Exercise prompt:
Look below for the line that contains "20 ≤ text.old.room", then copy it and each following line exactly, through and including the line that contains "pub fn put_name(text: &mut".

Data for processing:

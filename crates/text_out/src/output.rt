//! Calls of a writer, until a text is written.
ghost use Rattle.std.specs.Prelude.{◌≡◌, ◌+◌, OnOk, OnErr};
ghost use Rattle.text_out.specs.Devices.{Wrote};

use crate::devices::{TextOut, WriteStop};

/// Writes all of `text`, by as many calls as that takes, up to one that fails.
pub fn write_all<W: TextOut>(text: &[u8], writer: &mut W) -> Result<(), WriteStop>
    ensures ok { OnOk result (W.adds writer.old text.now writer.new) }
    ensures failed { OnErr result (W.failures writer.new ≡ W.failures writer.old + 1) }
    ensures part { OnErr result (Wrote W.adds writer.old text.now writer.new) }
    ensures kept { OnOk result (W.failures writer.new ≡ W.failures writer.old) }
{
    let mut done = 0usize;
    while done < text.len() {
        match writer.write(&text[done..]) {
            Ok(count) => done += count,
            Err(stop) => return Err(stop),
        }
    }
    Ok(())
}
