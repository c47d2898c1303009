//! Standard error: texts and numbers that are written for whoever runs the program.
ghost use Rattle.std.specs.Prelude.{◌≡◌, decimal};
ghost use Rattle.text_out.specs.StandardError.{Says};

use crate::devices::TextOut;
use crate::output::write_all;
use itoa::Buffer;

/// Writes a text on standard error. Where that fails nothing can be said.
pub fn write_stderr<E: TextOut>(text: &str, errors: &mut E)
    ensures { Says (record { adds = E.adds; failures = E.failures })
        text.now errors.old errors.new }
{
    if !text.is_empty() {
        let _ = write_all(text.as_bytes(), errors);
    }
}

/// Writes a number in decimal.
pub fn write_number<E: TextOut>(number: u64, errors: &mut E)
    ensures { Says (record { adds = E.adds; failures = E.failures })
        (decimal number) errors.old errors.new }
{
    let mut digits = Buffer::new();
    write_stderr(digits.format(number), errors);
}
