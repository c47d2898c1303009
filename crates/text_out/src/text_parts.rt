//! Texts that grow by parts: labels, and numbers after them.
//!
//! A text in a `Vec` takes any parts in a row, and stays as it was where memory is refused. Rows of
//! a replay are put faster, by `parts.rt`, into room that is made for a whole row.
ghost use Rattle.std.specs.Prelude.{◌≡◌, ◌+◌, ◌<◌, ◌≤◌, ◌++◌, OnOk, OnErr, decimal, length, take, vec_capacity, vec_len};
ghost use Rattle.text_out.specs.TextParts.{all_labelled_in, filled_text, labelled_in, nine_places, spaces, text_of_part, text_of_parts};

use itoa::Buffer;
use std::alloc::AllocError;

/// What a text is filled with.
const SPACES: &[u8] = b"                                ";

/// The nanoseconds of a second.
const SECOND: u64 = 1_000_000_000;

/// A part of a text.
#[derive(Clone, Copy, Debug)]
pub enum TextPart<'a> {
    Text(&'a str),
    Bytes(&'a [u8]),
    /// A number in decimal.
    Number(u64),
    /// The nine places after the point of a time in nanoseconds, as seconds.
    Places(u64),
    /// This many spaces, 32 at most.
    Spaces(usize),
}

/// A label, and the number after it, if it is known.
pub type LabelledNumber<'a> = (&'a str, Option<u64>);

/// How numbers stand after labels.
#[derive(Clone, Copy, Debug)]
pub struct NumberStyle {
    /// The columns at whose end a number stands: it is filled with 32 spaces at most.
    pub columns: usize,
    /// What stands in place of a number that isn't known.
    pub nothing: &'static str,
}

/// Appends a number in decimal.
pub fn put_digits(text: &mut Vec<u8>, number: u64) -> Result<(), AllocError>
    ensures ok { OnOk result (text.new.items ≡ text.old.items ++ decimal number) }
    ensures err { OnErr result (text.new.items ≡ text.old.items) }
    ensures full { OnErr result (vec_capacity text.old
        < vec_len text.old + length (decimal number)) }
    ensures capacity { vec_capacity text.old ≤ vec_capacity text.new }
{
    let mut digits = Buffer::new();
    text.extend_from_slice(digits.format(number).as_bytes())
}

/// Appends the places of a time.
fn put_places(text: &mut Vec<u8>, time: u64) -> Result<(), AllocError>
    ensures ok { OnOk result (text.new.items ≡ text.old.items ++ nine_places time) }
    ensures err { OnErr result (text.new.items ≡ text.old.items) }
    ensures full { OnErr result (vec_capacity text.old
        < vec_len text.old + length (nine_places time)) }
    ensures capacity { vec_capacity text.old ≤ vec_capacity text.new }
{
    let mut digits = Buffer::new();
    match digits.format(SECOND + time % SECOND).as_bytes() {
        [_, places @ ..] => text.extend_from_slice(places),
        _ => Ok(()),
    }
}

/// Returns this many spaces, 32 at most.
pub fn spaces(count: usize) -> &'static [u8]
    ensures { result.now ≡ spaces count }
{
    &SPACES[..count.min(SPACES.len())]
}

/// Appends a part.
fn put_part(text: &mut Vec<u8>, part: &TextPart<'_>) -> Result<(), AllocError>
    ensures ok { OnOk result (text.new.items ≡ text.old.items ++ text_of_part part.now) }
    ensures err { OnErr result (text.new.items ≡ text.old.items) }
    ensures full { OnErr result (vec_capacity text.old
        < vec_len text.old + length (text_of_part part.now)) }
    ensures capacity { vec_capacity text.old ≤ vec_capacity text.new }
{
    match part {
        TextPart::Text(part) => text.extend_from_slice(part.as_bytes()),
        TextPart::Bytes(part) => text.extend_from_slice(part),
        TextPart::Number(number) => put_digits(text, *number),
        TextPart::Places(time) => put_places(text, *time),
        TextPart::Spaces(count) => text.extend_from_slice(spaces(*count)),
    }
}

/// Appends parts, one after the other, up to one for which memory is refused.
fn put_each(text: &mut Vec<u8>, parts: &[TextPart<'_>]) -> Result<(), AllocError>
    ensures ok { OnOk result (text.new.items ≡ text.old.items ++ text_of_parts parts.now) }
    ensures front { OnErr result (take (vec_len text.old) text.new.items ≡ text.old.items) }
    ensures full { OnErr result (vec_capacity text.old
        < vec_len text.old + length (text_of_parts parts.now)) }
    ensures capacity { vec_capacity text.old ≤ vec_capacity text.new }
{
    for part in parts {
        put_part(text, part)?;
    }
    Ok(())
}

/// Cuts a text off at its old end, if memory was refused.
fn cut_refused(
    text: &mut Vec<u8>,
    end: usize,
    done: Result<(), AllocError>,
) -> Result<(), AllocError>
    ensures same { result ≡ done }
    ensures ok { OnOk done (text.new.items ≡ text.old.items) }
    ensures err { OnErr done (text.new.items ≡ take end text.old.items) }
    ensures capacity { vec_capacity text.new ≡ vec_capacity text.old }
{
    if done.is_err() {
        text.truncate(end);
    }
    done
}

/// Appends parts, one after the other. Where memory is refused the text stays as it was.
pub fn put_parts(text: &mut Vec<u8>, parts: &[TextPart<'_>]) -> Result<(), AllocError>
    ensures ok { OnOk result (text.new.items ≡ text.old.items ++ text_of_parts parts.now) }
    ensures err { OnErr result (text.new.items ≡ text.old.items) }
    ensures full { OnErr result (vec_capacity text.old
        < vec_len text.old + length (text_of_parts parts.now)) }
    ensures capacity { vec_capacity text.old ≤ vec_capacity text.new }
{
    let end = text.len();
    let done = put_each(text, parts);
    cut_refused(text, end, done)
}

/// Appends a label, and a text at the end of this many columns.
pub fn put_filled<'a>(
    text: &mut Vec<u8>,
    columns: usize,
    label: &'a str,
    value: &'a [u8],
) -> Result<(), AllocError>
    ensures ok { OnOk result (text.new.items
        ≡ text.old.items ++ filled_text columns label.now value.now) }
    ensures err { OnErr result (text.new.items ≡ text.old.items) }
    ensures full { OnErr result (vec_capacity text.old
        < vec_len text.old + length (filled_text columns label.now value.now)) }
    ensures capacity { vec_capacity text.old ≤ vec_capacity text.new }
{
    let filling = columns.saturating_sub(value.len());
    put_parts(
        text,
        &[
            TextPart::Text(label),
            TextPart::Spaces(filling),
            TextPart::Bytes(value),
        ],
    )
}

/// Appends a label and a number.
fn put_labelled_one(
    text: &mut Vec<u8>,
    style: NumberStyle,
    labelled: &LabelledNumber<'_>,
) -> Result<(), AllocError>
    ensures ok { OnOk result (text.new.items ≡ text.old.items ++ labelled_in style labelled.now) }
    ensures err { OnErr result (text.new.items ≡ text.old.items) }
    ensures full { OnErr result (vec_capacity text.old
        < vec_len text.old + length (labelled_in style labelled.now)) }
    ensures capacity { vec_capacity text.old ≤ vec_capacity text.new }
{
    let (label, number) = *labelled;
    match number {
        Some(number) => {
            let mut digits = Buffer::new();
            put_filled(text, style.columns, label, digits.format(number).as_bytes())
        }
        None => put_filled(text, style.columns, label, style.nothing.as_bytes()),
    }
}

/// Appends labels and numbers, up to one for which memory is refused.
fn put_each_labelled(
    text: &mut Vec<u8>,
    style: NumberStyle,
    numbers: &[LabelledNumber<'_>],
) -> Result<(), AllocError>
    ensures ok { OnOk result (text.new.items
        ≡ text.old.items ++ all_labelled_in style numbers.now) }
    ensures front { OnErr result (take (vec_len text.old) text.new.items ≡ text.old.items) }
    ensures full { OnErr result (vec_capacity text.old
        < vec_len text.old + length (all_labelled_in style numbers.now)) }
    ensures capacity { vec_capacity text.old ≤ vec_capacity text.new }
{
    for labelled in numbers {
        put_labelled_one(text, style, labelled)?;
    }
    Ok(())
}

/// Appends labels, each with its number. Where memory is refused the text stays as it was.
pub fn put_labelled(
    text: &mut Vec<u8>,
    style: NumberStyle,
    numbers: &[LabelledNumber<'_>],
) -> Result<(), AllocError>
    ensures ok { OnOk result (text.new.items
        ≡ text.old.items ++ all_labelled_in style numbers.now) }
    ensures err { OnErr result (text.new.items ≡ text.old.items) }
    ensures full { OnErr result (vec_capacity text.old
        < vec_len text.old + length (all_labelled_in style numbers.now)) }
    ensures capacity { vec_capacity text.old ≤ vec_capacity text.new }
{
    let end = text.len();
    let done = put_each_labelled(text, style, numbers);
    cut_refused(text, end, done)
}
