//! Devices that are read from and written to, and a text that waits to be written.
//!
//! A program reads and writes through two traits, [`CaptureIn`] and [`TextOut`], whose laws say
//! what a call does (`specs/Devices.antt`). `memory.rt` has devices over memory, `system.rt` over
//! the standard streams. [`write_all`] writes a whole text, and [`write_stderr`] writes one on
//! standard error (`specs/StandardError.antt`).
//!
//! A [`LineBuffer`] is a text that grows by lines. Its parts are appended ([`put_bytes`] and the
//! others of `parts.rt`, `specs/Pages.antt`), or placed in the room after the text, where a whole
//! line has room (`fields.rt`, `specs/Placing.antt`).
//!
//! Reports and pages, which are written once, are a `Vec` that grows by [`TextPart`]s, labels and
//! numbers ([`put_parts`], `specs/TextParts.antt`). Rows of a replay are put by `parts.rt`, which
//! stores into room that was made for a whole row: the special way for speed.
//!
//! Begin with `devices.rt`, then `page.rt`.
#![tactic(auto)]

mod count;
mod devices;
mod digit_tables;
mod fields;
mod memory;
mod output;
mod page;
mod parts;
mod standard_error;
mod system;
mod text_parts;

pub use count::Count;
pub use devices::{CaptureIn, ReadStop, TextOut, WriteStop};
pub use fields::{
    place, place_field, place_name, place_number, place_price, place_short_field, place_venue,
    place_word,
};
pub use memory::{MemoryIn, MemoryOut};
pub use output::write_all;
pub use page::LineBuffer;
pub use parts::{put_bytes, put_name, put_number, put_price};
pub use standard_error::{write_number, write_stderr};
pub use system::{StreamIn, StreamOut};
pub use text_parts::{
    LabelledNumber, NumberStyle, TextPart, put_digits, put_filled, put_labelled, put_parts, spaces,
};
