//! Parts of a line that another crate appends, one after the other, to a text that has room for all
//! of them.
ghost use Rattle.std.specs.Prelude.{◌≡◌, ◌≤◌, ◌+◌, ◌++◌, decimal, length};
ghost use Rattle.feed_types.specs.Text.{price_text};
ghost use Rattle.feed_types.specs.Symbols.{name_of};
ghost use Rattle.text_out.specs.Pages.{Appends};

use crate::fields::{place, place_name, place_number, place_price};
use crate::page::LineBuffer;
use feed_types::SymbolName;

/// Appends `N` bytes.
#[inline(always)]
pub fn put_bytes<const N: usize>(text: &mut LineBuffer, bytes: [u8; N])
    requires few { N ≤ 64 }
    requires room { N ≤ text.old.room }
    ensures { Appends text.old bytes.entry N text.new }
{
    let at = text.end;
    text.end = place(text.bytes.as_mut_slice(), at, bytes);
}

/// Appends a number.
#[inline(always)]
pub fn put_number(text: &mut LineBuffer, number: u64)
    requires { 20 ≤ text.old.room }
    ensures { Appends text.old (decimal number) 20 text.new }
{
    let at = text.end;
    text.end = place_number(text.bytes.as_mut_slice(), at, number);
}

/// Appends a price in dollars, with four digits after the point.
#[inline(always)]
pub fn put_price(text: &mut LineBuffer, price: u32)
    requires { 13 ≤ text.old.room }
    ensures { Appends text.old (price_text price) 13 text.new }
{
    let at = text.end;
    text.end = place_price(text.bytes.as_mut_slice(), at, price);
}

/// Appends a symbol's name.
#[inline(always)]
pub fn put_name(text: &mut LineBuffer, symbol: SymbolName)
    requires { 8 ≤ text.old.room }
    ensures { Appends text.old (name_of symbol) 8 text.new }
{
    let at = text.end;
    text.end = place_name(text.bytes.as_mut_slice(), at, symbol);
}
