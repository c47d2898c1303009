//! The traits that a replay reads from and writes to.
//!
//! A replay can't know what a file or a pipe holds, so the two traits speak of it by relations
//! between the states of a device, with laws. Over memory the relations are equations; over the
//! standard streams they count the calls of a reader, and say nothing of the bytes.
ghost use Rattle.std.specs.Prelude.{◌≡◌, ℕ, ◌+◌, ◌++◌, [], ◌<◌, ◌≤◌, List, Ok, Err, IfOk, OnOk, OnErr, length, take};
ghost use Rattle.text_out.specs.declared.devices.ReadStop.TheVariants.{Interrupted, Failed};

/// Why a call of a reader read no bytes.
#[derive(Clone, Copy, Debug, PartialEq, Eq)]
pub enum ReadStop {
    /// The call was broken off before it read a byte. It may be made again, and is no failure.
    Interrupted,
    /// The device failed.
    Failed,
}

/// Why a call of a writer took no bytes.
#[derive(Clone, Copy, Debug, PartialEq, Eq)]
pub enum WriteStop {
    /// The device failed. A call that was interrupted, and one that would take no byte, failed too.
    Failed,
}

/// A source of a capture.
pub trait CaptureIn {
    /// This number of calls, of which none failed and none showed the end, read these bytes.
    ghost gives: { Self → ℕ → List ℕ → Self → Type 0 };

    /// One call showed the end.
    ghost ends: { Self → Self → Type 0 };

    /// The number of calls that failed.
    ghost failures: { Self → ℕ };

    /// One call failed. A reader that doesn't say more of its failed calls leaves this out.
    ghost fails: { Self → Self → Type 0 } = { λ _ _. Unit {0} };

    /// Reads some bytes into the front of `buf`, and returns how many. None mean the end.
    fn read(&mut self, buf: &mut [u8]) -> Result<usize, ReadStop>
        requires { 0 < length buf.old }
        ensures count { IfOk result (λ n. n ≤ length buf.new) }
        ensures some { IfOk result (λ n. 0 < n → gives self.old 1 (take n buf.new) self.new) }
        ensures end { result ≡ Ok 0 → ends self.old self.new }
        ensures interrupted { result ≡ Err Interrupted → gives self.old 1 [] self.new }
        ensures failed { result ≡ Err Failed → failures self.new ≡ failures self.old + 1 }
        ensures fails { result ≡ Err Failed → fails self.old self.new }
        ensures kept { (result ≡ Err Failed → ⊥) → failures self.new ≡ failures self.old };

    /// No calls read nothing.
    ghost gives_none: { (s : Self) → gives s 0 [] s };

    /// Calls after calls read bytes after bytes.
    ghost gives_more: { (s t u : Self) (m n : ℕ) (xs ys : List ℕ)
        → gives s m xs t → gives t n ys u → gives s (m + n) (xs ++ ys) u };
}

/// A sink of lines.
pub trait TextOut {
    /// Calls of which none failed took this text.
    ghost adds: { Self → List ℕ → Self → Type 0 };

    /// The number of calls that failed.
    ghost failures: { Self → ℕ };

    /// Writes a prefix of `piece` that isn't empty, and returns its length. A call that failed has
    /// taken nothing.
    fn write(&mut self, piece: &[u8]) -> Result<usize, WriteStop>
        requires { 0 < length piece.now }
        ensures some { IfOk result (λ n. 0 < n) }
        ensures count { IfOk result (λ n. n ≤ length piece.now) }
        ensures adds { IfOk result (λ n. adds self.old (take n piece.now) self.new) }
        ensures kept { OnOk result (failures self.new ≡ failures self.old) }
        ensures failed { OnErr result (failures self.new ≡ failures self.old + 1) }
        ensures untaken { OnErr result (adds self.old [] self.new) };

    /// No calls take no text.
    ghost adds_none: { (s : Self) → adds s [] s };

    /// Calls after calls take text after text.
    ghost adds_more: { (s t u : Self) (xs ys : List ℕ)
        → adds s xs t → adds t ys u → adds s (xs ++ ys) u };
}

Reply:
    requires { 20 ≤ text.old.room }
    ensures { Appends text.old (decimal number) 20 text.new }
{
    let at = text.end;
    text.end = place_number(text.bytes.as_mut_slice(), at, number);
}

/// Appends a price in dollars, with four digits after the point.
#[inline(always)]
pub fn put_price(text: &mut LineBuffer, price: u32)
    requires { 13 ≤ text.old.room }
    ensures { Appends text.old (price_text price) 13 text.new }
{
    let at = text.end;
    text.end = place_price(text.bytes.as_mut_slice(), at, price);
}

/// Appends a symbol's name.
#[inline(always)]
pub fn put_name(text: &mut LineBuffer, symbol: SymbolName)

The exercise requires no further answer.